Satisfaction and triumph here became evident in Robey’s eyes and gestures; but suddenly he stiffened, and the neck was thrust again towards Mrs Moggeridge’s garden wall, whence obviously some Parthian thrust had been aimed. ‘And what of it?’ asked Robey, the voice rising in mingled menace, disdain and clear conscience. ‘What of if?’ (pronounced ’What arvert’).

Speculation sought in vain to deduce the nature of Mrs Moggeridge’s innuendo that it should have compelled this final bridling and this unanswerable fiat. Enough to say that after the pronouncement of it Mrs Moggeridge was heard no more. It is hard to believe we did not actually hear her or see her; there wasn’t never indeed ‘no sich a person’; it was a conjuration of comic art.

Robey was a master of tantrums, or in other circumstances, of spasms. In Jack and the Beanstalk, when Jack returned home with beans for the sale of the cow, Robey as the Dame achieved an awe-inspiring expression of twitching incredulity, woe and mortification, all evenly blended. He (or she) hurled the beans through the window, and at once the stalk began to grow upward. Robey caught sight of it out of the corner of his eyes as he was suffering another wave of distress. And he began to giggle, to experience hysteria but no words can describe this masterpiece of comic acting.

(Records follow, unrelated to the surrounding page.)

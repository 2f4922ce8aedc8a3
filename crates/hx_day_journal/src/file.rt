//! A file that waits for room.

use hx_journal::{DeviceError, RawFile};
use hx_serve::{Notice, NoticeSink};
use std::thread;
use std::time::{Clock, Duration, Instant};

// The interval, in milliseconds, at which a full disk is tried again.
const AGAIN: u64 = 500;

/// When what was written is brought to the disk.
#[derive(Clone, Copy, Debug, PartialEq, Eq)]
pub enum Syncs {
    /// After each group of records, before any of it is published: a machine that loses power loses nothing that was
    /// published.
    Group,
    /// Whenever the system likes: a process that is killed loses nothing that was published, a machine that loses power
    /// may.
    Never,
}

/// A journal's file, whose writes wait while the disk has no room. What such a write left after the end of the file is
/// cut off again, so that an operator who makes room finds a sound file. A write that waits is one write still: until
/// the next sync each byte of it is the old one or the new one, or is not there.
#[derive(Drop)]
pub struct PatientFile<'a, F, B, T> {
    file: F,
    // How many bytes it has.
    len: usize,
    syncs: Syncs,
    notice_sink: &'a B,
    rt: &'a T,
}

impl<'a, F: RawFile + Drop, B: NoticeSink, T: Clock> PatientFile<'a, F, B, T> {
    /// A file of `len` bytes. The notice sink gets a notice when a write waits, and when it goes on, and how long each
    /// sync took.
    pub fn new(file: F, len: usize, syncs: Syncs, notice_sink: &'a B, rt: &'a T) -> Self {
        PatientFile {
            file,
            len,
            syncs,
            notice_sink,
            rt,
        }
    }

    /// The file.
    pub fn file(&self) -> &F {
        &self.file
    }

    // Cuts off what a write left that found no room, and waits a while.
    fn wait_for_room(&mut self, first: bool) -> Result<(), DeviceError> {
        if first {
            self.notice_sink.post(Notice::JournalWaits);
        }
        self.file.cut(self.len)?;
        thread::sleep(self.rt, Duration::from_millis(AGAIN));
        Ok(())
    }
}

impl<'a, F: RawFile + Drop, B: NoticeSink, T: Clock> RawFile for PatientFile<'a, F, B, T> {
    fn write_at(&mut self, at: usize, bytes: &[u8]) -> Result<(), DeviceError> {
        for turn in 0..u64::MAX {
            match self.file.write_at(at, bytes) {
                Ok(()) => {
                    if turn != 0 {
                        self.notice_sink.post(Notice::JournalGoesOn);
                    }
                    self.len = self.len.max(at.saturating_add(bytes.len()));
                    return Ok(());
                }
                Err(DeviceError::NoRoom) => self.wait_for_room(turn == 0)?,
                Err(error) => return Err(error),
            }
        }
        Err(DeviceError::NoRoom)
    }

    fn cut(&mut self, len: usize) -> Result<(), DeviceError> {
        self.file.cut(len)?;
        self.len = len;
        Ok(())
    }

    fn sync(&mut self) -> Result<(), DeviceError> {
        match self.syncs {
            Syncs::Group => {
                let begun = Instant::now(self.rt);
                self.file.sync()?;
                if let Ok(begun) = begun
                    && let Ok(time) = begun.elapsed(self.rt)
                {
                    let nanoseconds = u64::try_from(time.as_nanos()).unwrap_or(u64::MAX);
                    self.notice_sink.synced(nanoseconds);
                }
                Ok(())
            }
            Syncs::Never => Ok(()),
        }
    }
}
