//! The date of a day, as a journal's first line has it.

use jiff_core::civil::Date;
use std::alloc::{AllocError, Global};

// How many digits a date has: four of the year, two of the month, two of the day.
const DIGITS: usize = 8;

// The digit of a number at an index, counted from the last.
fn digit(number: u32, index: u32) -> u8 {
    let mut rest = number;
    for _ in 0..index {
        rest /= 10;
    }
    b'0' + (rest % 10) as u8
}

/// The date of a day since 1970, as `YYYYMMDD`; that of the last date there is if the number is greater.
pub fn date_of(alloc: Global, day: u64) -> Result<Vec<u8>, AllocError> {
    let date = match Date::from_unix_epoch_day(i64::try_from(day).unwrap_or(i64::MAX)) {
        Ok(date) => date,
        Err(_) => Date::MAX,
    };
    let year = u32::from(date.year.unsigned_abs());
    let number = year * 10_000 + u32::from(date.month) * 100 + u32::from(date.day);
    let mut text = Vec::with_capacity(alloc, DIGITS)?;
    for index in 0..DIGITS {
        text.push(digit(number, (DIGITS - 1 - index) as u32))?;
    }
    Ok(text)
}

/// The day since 1970 of a date `YYYYMMDD`; none if it is no date, or one before 1970.
pub fn day_of(text: &str) -> Option<u64> {
    if text.len() != DIGITS {
        return None;
    }
    let year = text.get(..4)?.parse::<i16>().ok()?;
    let month = text.get(4..6)?.parse::<i8>().ok()?;
    let day = text.get(6..)?.parse::<i8>().ok()?;
    let date = Date::new(year, month, day).ok()?;
    u64::try_from(date.to_unix_epoch_day()).ok()
}
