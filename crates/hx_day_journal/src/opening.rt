//! How the journal of a day is opened.

use crate::date::date_of;
use crate::fault::DayJournalError;
use crate::file::{PatientFile, Syncs};
use hx_engine::Recovered;
use hx_journal::{FileJournal, Head, HostFile, Noted};
use hx_market::Event;
use hx_recovery::{Progress, recover};
use hx_serve::{Notice, NoticeSink, time_of};
use std::fs;
use std::rt::Files;
use std::time::Clock;

/// The journal of a day in a file of the system.
pub type DayFile<'a, B, T> = FileJournal<Noted<PatientFile<'a, HostFile, B, T>>>;

/// Which journal is wanted, and when it is synced.
#[derive(Clone, Copy)]
pub struct Wanted<'a> {
    /// The session, 10 letters or digits.
    pub session: &'a [u8],
    /// The day, since 1970.
    pub day: u64,
    /// The digest of the setup's text, as `digest_of` gives it.
    pub setup: &'a [u8],
    /// When it is brought to the disk.
    pub syncs: Syncs,
}

// The number of events after which the operator gets a notice of how far a journal is read.
const STEP: u64 = 1_000_000;

// Posts how far the reading has come.
#[derive(Clone, Copy)]
struct Telling<'a, B> {
    notice_sink: &'a B,
}

impl<B: NoticeSink> Progress for Telling<'_, B> {
    fn reached(&self, events: u64) {
        if events % STEP == 0 {
            self.notice_sink.post(Notice::Reading { events });
        }
    }
}

/// Opens the journal of a day, or makes it if no file of this name is there, and reads its events. What a crash left
/// after its last whole block is cut off. While it is open no other process opens it. The notice sink gets a notice of
/// each million events that are read.
///
/// Errors: if the file is of another session, day or setup, or damaged, it is not touched.
pub fn open_journal<'a, B: NoticeSink, T: Files<File = fs::File> + AllocGlobal + Clock>(
    rt: &'a T,
    notice_sink: &'a B,
    path: &str,
    wanted: Wanted<'_>,
) -> Result<Recovered<DayFile<'a, B, T>>, DayJournalError> {
    let alloc = rt.alloc();
    let day = date_of(alloc, wanted.day)?;
    let head = Head::new(alloc, wanted.session, &day, wanted.setup)?;
    let (file, bytes) = HostFile::open(rt, path)?;
    let file = PatientFile::new(file, bytes.len(), wanted.syncs, notice_sink, rt);
    Ok(recover(alloc, file, &bytes, &head, &Telling { notice_sink })?)
}

/// The last of the times of events, in nanoseconds since midnight: a day that goes on from them gives no time below it.
pub fn last_time(events: &[Event]) -> u64 {
    let mut last = 0;
    for event in events {
        last = time_of(event).max(last);
    }
    last
}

It was done by imaginative absorption into a character and a scene; and here is the difference between the old great pantomime comedians of my youth and the comedians of to-day, who get their laughs by the things they say and are not funny in themselves, and are certainly not actors. Robey and Leno and Wilkie Bard and Little Tich and Harry Weldon were most nights in the year performers in the music hall, red-nosed and holding an audience for three-quarters of an hour, holding the theatre single-handed, with song and patter; and from time to time they would leave the stage to return as a new character – Robey’s Lord Mayor of Muckemdyke, Leno’s pathetic little Cockney just married, the victim of a building society; he had bought a house, and he leant over the footlights to tell us in husky confidence of his pride of possession. It was a nice house, with the river at the bottom of the garden; that is, when the garden wasn’t at the bottom of the river. But I must use a platitude now; it was not what these old drolls said, it was the way they said it. Little Tich, breathing on his tall hat before giving it a rub round with his elbow, made a noise that emptied his lungs, fraught with bronchitis. Gusto and faith in a complete surrender to extravagance; no smart-cracks but natural nonsense – as when the Ugly Sisters in Cinderella, having been refused admission at the ball, Tom Foy said to Malcolm Scott, ‘Let’s walk in backwards and they’ll think we’re coming out.’ It was these comedians of the music hall who peopled our memories of pantomime with a gallery of Dames, each as rich in identity as Betsy Prig and Mrs Camp and the nurse in Romeo and Juliet.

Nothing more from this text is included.